*Problem details*:
In the listing below, look for "items" and copy every line that has it.

*Records supplied*:
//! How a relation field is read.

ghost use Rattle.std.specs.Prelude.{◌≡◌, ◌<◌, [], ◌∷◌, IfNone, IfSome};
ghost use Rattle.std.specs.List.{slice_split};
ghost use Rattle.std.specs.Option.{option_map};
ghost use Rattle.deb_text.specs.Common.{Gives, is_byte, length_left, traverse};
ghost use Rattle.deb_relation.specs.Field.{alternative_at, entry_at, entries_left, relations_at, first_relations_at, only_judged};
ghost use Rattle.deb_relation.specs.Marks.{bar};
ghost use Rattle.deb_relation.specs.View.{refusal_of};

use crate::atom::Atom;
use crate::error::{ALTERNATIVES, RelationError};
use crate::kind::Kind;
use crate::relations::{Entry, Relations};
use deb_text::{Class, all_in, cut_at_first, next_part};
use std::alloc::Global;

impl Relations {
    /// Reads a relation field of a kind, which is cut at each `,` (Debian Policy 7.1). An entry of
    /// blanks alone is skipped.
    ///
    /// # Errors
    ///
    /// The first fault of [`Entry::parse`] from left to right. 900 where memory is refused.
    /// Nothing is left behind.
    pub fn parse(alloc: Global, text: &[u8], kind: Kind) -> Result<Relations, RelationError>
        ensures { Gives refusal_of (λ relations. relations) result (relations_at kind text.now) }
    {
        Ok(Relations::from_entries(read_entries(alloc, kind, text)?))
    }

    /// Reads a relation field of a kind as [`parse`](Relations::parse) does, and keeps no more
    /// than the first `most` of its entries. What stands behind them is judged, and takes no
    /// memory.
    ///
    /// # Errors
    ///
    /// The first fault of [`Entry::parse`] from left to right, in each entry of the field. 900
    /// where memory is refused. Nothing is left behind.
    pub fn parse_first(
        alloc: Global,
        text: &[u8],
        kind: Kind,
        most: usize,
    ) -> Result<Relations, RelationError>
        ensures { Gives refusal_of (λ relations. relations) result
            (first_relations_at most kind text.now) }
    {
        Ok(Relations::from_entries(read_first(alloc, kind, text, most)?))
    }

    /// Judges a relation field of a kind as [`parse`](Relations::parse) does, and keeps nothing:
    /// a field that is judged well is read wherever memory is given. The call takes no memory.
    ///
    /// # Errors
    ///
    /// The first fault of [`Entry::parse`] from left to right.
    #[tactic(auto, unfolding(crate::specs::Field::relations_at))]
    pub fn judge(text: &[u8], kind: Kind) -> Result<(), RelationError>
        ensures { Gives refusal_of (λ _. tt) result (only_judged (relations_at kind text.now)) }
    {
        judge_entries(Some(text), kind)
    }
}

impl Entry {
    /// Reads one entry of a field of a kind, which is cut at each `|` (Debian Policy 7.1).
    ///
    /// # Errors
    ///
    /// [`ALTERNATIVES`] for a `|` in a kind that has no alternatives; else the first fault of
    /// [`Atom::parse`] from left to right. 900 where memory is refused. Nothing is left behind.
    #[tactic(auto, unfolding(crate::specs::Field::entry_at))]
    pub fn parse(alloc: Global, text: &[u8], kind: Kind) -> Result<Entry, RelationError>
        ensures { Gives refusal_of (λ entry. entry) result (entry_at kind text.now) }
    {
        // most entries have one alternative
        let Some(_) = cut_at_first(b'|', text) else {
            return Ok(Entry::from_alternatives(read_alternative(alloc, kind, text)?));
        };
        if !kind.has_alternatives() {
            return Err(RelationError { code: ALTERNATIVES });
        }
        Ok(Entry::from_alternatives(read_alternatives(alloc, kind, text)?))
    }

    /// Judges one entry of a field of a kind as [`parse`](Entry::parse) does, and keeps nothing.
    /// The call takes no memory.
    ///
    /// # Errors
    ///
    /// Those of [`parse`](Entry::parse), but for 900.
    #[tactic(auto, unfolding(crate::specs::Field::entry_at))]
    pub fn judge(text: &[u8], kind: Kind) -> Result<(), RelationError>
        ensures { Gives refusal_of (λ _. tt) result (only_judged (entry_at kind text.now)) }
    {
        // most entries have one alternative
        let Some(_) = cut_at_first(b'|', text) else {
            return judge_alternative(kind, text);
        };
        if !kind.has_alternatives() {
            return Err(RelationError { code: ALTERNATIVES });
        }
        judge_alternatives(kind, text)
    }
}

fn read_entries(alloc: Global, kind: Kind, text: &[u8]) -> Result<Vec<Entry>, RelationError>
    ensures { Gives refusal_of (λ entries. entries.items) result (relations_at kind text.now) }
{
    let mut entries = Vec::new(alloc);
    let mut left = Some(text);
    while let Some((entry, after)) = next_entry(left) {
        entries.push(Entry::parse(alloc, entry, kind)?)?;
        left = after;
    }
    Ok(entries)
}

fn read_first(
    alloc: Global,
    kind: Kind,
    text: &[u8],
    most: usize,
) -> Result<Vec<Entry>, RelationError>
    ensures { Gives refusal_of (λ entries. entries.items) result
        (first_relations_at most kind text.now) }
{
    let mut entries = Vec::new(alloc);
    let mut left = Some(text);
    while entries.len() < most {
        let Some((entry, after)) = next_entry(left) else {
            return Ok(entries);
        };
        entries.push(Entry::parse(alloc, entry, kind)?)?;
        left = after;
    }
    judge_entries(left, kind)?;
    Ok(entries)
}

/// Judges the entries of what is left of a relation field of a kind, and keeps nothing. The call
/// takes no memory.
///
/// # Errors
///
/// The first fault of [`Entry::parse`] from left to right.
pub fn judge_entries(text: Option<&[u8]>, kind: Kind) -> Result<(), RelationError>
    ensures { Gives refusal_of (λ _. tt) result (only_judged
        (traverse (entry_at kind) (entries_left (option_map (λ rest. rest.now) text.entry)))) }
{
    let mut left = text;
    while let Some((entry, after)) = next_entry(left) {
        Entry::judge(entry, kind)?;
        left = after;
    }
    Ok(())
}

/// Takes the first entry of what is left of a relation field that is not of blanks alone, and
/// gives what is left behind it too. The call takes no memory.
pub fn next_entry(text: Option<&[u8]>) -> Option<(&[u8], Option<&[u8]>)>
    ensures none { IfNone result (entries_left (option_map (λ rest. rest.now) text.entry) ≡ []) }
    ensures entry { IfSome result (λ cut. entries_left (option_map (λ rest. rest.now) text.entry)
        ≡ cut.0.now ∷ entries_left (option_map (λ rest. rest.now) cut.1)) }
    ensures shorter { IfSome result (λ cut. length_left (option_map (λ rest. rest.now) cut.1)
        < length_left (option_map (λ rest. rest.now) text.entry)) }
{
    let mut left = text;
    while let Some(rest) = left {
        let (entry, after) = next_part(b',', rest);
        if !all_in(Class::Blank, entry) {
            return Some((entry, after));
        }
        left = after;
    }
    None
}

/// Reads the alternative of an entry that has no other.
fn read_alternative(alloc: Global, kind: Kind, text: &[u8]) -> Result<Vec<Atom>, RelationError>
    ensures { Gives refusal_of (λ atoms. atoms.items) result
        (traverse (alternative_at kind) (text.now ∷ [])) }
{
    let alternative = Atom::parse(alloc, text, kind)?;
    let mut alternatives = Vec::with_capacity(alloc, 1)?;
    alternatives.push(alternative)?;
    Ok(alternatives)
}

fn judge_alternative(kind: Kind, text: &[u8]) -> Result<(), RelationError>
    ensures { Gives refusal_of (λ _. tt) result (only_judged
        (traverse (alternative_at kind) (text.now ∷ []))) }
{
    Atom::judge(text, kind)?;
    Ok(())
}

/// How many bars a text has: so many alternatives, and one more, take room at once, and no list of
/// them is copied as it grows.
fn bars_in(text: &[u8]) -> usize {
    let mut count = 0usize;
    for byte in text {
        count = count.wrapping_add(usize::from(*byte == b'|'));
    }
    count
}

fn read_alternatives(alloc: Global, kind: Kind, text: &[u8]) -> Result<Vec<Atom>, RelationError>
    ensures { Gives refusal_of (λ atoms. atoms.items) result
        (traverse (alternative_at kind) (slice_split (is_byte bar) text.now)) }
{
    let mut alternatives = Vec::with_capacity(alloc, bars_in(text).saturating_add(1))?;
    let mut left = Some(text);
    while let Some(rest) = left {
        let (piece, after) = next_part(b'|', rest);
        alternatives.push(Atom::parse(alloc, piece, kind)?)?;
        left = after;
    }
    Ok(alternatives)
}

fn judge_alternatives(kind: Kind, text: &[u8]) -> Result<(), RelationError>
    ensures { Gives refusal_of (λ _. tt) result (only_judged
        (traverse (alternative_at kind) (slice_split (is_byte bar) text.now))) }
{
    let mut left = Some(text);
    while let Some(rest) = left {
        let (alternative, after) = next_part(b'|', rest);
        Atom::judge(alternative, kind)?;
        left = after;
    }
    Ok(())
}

*Task response*:
    ensures { Gives refusal_of (λ entries. entries.items) result (relations_at kind text.now) }
    ensures { Gives refusal_of (λ entries. entries.items) result
    ensures { Gives refusal_of (λ atoms. atoms.items) result
    ensures { Gives refusal_of (λ atoms. atoms.items) result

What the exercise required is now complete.